▸ **Exercise**: Lines with the word "BuiltinClass" in them are the ones to copy from the records.

Stored dataset items

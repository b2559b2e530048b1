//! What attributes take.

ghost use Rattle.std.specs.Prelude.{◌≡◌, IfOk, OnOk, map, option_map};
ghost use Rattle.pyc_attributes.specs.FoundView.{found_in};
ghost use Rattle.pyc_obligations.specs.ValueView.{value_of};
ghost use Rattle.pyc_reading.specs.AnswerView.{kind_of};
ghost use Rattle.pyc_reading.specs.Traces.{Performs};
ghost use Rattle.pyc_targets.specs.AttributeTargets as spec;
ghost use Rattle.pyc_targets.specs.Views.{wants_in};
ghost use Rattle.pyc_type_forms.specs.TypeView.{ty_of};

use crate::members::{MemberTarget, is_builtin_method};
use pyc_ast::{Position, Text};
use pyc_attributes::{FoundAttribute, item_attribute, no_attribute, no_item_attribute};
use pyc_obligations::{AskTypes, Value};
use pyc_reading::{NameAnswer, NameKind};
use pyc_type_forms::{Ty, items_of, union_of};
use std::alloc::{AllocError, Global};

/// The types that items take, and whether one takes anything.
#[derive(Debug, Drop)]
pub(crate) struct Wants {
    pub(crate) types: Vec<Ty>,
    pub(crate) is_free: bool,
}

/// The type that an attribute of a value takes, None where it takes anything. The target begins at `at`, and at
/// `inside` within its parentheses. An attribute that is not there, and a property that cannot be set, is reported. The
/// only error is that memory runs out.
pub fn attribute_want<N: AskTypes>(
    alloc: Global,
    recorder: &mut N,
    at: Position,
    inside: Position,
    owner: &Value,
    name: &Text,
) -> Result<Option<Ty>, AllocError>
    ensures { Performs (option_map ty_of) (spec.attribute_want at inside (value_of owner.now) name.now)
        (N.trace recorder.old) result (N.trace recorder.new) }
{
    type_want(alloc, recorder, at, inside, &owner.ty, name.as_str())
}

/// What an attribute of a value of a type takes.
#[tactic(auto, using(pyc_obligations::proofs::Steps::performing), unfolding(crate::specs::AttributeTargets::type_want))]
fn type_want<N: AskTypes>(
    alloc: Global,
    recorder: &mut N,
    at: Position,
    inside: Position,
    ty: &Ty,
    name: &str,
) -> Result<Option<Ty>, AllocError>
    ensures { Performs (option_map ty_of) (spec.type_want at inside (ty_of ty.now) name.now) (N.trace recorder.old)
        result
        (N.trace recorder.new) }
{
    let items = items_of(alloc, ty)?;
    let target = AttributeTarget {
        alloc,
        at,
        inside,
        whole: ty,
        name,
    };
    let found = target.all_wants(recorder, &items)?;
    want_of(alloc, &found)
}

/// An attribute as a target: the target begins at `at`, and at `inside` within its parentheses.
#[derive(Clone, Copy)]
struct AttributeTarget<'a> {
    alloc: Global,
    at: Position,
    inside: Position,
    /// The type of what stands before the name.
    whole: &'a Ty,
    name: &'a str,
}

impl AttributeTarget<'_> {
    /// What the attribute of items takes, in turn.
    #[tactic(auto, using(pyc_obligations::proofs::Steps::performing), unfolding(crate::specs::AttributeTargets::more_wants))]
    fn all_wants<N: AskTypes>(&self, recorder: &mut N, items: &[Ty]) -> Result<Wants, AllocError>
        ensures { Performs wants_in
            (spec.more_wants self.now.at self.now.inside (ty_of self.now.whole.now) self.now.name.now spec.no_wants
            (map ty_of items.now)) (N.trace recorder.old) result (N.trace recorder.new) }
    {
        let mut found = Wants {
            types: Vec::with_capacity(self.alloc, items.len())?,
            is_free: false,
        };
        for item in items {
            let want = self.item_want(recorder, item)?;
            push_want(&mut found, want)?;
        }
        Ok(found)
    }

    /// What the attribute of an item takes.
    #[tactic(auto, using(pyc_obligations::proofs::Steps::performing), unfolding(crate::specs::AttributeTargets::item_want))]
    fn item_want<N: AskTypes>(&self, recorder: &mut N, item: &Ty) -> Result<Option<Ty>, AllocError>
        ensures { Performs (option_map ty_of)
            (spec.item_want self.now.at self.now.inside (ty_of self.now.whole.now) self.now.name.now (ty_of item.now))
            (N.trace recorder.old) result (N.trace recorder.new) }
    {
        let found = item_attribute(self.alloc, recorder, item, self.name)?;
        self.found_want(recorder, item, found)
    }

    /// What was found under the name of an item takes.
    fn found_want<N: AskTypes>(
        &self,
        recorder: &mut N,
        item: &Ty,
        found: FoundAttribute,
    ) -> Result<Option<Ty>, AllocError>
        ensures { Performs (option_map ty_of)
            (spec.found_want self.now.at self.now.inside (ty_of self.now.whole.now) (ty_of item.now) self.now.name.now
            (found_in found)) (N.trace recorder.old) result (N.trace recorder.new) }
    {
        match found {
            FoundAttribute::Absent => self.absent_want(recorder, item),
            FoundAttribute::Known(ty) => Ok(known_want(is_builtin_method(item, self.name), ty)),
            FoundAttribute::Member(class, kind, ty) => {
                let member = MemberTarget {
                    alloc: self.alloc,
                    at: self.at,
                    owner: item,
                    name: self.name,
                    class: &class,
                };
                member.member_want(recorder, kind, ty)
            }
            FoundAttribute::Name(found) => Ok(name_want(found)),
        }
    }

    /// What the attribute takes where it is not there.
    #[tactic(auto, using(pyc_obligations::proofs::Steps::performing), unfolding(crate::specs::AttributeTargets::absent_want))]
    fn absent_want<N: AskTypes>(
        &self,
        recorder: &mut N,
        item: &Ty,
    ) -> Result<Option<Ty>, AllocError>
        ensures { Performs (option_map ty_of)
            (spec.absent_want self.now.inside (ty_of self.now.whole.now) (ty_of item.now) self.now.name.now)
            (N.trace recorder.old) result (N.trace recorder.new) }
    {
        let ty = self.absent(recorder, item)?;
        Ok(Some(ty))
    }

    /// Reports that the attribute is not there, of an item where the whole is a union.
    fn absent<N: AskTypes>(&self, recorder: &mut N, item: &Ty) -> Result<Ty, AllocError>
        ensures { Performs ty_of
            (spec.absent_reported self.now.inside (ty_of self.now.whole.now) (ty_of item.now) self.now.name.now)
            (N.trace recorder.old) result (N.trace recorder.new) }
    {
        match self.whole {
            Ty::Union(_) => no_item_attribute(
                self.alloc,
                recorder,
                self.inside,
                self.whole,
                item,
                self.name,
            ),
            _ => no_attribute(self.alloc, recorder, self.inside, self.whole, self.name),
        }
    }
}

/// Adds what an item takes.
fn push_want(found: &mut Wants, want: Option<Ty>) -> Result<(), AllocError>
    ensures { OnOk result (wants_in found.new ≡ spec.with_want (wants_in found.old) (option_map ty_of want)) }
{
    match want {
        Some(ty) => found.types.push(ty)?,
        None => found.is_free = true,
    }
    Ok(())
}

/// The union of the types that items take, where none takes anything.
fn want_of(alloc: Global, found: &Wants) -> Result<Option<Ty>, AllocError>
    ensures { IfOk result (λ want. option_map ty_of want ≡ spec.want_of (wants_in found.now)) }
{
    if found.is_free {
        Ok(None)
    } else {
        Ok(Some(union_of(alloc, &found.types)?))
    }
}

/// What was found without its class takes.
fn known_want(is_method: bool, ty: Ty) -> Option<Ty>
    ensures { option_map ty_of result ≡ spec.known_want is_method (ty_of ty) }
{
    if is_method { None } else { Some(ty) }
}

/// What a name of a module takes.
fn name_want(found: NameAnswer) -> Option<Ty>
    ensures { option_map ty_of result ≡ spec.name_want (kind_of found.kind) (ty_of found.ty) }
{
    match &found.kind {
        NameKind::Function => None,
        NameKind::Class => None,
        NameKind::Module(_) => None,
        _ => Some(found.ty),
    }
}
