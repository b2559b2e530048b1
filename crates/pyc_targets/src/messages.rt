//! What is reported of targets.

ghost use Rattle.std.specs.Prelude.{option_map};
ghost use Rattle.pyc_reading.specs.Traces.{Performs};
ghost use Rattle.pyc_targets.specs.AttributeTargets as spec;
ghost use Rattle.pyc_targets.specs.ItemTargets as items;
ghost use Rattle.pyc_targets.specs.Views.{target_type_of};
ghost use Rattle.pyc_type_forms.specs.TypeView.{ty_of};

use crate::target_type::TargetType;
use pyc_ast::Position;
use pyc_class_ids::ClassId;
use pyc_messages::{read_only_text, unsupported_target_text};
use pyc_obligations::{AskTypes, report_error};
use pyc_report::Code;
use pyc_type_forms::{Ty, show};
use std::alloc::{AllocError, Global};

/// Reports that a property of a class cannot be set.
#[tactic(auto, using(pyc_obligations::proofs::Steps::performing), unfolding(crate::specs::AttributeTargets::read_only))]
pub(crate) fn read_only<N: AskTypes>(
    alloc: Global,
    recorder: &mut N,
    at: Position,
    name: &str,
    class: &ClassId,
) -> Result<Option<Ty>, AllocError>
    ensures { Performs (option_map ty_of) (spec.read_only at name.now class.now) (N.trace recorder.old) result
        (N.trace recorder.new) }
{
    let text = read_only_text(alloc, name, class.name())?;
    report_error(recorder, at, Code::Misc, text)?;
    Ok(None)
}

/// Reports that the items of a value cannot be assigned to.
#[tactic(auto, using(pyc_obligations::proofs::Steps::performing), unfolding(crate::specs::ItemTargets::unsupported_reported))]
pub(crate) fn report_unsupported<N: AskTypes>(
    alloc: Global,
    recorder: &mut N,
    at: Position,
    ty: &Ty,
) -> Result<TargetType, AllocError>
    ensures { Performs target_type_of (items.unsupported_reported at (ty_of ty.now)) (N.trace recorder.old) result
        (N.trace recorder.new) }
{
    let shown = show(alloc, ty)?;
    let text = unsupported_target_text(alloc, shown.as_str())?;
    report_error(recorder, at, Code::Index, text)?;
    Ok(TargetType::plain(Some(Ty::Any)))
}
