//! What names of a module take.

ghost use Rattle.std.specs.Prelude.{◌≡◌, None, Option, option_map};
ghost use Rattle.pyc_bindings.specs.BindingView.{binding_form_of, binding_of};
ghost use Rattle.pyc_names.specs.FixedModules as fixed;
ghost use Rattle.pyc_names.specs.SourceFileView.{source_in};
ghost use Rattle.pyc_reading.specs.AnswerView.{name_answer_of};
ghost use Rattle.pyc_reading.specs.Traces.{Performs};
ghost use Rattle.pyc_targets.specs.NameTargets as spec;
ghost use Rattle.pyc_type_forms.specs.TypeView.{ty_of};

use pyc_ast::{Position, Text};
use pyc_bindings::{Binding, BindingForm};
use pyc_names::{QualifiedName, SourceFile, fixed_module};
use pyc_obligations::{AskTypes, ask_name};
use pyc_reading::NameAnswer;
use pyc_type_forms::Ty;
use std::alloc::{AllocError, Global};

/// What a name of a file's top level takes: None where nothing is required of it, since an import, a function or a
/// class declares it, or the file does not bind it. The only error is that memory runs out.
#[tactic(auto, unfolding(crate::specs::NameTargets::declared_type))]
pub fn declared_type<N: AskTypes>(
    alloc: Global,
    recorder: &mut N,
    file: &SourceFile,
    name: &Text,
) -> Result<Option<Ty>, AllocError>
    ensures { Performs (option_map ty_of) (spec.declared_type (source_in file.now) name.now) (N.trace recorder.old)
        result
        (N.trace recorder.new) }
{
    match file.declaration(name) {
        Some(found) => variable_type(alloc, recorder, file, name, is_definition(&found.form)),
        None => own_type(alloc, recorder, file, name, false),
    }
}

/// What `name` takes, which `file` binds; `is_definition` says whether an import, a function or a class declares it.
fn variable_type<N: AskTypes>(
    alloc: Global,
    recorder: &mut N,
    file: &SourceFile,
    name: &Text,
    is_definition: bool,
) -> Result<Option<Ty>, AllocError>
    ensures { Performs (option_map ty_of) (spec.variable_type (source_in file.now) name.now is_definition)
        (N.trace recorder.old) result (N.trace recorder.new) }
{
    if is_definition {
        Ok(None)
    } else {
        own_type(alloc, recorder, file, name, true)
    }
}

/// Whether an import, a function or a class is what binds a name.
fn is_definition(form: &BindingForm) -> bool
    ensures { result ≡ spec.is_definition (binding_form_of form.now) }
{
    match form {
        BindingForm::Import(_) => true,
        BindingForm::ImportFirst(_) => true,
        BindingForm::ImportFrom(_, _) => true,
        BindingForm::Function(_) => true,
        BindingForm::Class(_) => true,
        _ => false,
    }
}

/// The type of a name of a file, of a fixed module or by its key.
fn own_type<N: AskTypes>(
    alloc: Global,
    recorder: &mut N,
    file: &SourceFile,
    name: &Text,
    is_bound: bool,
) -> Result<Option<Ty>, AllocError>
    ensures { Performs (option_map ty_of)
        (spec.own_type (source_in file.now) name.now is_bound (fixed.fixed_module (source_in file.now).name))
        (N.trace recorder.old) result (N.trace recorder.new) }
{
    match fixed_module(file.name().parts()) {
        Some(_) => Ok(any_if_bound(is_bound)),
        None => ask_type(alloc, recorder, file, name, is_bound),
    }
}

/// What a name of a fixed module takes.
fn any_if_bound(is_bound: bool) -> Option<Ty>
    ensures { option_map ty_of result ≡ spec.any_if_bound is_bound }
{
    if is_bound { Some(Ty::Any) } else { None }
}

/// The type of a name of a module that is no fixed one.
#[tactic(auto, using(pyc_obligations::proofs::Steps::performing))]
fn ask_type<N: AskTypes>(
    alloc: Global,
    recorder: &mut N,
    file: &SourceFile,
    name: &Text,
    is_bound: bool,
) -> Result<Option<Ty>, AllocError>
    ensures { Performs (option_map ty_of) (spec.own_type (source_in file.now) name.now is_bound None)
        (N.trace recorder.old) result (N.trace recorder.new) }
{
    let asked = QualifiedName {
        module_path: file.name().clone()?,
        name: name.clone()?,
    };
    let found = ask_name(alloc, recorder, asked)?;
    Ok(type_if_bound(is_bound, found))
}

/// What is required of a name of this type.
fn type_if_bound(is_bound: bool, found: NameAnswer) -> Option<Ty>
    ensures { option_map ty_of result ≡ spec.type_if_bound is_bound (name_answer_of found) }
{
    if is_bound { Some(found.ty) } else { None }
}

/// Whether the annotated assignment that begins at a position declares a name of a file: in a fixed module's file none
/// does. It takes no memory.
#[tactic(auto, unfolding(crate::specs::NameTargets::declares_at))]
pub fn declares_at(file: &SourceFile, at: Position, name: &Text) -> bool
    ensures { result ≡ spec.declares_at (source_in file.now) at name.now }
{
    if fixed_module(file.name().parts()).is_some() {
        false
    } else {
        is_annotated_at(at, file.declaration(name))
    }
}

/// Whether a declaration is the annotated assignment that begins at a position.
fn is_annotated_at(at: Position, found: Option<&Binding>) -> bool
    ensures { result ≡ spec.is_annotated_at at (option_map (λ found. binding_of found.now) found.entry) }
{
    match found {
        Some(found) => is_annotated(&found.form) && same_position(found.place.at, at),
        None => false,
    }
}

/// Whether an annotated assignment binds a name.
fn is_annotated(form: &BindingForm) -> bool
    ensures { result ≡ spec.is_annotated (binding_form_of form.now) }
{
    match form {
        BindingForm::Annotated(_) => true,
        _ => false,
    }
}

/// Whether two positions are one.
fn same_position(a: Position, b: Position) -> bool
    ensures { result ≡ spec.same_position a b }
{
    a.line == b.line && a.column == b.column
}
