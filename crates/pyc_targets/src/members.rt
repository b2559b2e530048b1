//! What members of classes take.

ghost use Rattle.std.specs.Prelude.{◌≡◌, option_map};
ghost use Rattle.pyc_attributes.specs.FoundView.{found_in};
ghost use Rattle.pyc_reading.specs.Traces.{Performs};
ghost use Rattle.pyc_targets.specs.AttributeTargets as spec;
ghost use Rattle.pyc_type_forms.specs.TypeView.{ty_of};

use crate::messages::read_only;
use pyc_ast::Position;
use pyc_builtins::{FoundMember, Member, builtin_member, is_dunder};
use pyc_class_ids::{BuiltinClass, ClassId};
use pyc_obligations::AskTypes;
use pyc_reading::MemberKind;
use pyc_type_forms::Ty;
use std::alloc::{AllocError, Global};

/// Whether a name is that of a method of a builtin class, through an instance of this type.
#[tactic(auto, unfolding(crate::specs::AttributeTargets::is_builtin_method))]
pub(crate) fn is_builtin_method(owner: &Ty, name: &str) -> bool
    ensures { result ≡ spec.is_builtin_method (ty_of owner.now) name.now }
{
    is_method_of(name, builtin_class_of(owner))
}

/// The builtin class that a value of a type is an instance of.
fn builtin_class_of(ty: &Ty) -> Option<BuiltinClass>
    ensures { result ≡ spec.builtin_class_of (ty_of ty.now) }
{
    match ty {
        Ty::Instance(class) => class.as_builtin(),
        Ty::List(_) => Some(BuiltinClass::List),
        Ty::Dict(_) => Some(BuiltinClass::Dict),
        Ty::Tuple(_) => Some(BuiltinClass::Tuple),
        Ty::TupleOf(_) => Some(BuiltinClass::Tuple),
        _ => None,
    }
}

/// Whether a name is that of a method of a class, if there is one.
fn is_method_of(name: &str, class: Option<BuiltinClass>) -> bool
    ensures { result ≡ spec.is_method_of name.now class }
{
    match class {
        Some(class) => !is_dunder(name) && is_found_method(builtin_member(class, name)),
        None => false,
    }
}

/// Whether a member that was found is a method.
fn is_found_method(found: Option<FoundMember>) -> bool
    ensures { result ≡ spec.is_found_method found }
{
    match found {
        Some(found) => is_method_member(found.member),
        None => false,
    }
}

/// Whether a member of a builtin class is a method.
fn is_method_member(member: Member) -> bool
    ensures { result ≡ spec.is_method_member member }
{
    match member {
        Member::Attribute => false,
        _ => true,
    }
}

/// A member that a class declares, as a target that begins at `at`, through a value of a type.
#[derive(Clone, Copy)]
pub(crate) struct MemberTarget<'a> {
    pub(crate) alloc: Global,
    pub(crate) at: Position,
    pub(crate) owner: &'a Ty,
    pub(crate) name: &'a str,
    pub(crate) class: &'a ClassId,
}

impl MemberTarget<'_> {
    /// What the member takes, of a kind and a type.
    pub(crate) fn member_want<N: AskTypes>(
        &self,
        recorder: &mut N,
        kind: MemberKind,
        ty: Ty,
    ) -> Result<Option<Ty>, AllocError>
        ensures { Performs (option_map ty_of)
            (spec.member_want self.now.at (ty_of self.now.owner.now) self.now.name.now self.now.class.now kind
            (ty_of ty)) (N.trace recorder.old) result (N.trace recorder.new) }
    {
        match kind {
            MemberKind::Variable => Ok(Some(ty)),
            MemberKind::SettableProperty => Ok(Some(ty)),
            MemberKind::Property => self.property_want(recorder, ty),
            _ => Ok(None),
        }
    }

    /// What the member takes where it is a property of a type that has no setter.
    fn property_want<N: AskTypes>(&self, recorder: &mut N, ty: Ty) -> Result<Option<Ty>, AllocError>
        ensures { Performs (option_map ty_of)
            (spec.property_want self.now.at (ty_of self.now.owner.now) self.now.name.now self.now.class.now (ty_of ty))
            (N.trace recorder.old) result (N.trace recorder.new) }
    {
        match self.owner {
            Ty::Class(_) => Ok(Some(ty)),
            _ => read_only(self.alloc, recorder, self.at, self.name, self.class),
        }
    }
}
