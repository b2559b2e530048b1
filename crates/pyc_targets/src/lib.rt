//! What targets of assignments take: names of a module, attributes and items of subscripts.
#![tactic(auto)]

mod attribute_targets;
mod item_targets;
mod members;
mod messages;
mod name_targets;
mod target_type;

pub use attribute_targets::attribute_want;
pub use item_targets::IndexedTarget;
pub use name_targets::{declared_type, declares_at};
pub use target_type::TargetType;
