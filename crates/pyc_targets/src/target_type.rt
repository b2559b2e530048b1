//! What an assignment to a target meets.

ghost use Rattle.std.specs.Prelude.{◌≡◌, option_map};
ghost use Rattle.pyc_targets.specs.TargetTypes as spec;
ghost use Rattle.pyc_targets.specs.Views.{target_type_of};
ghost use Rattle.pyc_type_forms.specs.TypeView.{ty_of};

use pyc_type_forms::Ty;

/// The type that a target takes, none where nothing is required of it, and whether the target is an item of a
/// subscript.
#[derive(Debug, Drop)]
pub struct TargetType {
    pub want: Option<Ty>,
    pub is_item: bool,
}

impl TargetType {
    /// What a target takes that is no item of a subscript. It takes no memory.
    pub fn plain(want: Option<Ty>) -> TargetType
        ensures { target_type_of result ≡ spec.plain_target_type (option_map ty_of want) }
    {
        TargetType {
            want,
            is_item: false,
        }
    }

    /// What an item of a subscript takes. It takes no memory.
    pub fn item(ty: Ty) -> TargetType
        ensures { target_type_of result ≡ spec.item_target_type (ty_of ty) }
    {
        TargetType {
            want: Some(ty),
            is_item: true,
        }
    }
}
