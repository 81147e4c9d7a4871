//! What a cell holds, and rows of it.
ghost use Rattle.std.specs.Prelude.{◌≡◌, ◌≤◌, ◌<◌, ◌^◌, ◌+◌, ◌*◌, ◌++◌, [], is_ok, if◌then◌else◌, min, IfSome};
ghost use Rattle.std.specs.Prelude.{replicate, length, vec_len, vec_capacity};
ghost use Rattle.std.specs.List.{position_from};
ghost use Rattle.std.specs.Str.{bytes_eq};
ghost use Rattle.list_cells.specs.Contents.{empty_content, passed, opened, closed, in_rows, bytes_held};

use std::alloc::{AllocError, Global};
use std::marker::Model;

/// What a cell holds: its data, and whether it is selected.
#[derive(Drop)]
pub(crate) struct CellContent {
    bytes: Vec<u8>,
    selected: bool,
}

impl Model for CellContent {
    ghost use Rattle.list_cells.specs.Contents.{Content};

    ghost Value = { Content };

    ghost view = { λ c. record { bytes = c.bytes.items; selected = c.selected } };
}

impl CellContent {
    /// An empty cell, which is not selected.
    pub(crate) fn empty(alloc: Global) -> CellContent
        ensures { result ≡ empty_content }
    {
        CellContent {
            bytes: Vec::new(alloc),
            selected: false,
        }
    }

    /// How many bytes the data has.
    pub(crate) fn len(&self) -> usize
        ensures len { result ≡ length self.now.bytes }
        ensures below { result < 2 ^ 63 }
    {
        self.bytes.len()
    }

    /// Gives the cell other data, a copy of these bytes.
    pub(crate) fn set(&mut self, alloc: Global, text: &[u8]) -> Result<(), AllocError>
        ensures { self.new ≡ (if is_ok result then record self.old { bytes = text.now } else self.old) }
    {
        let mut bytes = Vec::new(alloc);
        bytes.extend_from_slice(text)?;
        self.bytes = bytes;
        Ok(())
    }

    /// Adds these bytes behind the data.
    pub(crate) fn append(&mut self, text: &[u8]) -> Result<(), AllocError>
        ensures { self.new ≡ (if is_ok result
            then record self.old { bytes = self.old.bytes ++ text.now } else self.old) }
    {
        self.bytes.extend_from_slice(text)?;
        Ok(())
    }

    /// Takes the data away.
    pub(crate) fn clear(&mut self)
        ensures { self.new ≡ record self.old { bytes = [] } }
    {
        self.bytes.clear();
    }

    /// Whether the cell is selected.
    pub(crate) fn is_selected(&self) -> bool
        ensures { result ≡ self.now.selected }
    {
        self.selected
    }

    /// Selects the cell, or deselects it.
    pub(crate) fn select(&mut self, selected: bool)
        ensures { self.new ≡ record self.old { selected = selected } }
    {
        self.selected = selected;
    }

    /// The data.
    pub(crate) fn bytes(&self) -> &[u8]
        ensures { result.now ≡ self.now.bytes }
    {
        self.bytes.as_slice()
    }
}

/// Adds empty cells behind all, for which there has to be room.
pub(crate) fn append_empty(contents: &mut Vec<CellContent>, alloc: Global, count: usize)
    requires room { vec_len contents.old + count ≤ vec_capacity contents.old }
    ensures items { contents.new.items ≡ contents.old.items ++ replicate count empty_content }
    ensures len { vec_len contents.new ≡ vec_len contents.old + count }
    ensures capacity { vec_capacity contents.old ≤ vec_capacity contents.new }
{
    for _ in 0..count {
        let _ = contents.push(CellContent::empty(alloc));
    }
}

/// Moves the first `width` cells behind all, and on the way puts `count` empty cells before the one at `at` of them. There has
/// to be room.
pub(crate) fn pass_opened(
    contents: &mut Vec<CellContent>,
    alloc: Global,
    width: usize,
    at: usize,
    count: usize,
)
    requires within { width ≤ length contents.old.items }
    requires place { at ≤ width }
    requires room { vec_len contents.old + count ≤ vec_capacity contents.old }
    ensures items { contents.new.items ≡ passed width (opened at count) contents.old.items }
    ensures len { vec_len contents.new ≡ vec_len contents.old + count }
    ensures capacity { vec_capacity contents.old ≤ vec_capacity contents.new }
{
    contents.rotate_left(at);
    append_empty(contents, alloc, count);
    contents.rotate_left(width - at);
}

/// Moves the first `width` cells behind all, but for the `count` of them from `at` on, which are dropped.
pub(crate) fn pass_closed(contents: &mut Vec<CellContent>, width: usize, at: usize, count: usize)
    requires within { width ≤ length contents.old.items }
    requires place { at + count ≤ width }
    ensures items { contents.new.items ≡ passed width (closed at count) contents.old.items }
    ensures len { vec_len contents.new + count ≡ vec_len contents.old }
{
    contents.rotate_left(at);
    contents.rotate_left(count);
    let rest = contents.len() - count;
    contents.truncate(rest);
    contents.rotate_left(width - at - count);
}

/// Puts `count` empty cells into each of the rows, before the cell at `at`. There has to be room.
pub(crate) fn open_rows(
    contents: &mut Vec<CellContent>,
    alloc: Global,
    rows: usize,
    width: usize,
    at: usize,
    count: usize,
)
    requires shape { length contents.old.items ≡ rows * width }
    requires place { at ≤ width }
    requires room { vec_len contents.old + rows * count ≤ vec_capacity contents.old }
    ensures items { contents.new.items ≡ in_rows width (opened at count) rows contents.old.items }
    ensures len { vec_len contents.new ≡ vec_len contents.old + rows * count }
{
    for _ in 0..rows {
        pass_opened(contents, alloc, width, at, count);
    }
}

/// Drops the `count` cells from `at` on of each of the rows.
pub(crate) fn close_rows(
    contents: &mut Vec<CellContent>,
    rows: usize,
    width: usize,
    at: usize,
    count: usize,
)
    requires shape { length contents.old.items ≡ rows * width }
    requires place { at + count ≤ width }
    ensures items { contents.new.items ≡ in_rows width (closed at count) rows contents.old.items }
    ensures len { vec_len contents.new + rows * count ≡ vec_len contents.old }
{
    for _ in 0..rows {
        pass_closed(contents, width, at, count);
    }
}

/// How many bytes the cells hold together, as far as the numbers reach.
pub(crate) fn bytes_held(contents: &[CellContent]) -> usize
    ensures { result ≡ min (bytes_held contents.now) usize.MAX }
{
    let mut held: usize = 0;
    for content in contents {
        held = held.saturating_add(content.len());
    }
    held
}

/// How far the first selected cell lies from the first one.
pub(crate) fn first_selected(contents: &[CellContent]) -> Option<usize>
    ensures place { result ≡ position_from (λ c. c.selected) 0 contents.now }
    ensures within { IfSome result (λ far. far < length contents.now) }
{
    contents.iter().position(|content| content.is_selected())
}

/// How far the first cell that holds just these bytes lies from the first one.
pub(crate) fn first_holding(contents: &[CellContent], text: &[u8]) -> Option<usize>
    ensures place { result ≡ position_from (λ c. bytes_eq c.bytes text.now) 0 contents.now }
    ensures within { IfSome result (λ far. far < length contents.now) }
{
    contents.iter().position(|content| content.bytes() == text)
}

▸ **Exercise response**:
use pyc_class_ids::{BuiltinClass, ClassId};
fn builtin_class_of(ty: &Ty) -> Option<BuiltinClass>
        Ty::List(_) => Some(BuiltinClass::List),
        Ty::Dict(_) => Some(BuiltinClass::Dict),
        Ty::Tuple(_) => Some(BuiltinClass::Tuple),
        Ty::TupleOf(_) => Some(BuiltinClass::Tuple),
fn is_method_of(name: &str, class: Option<BuiltinClass>) -> bool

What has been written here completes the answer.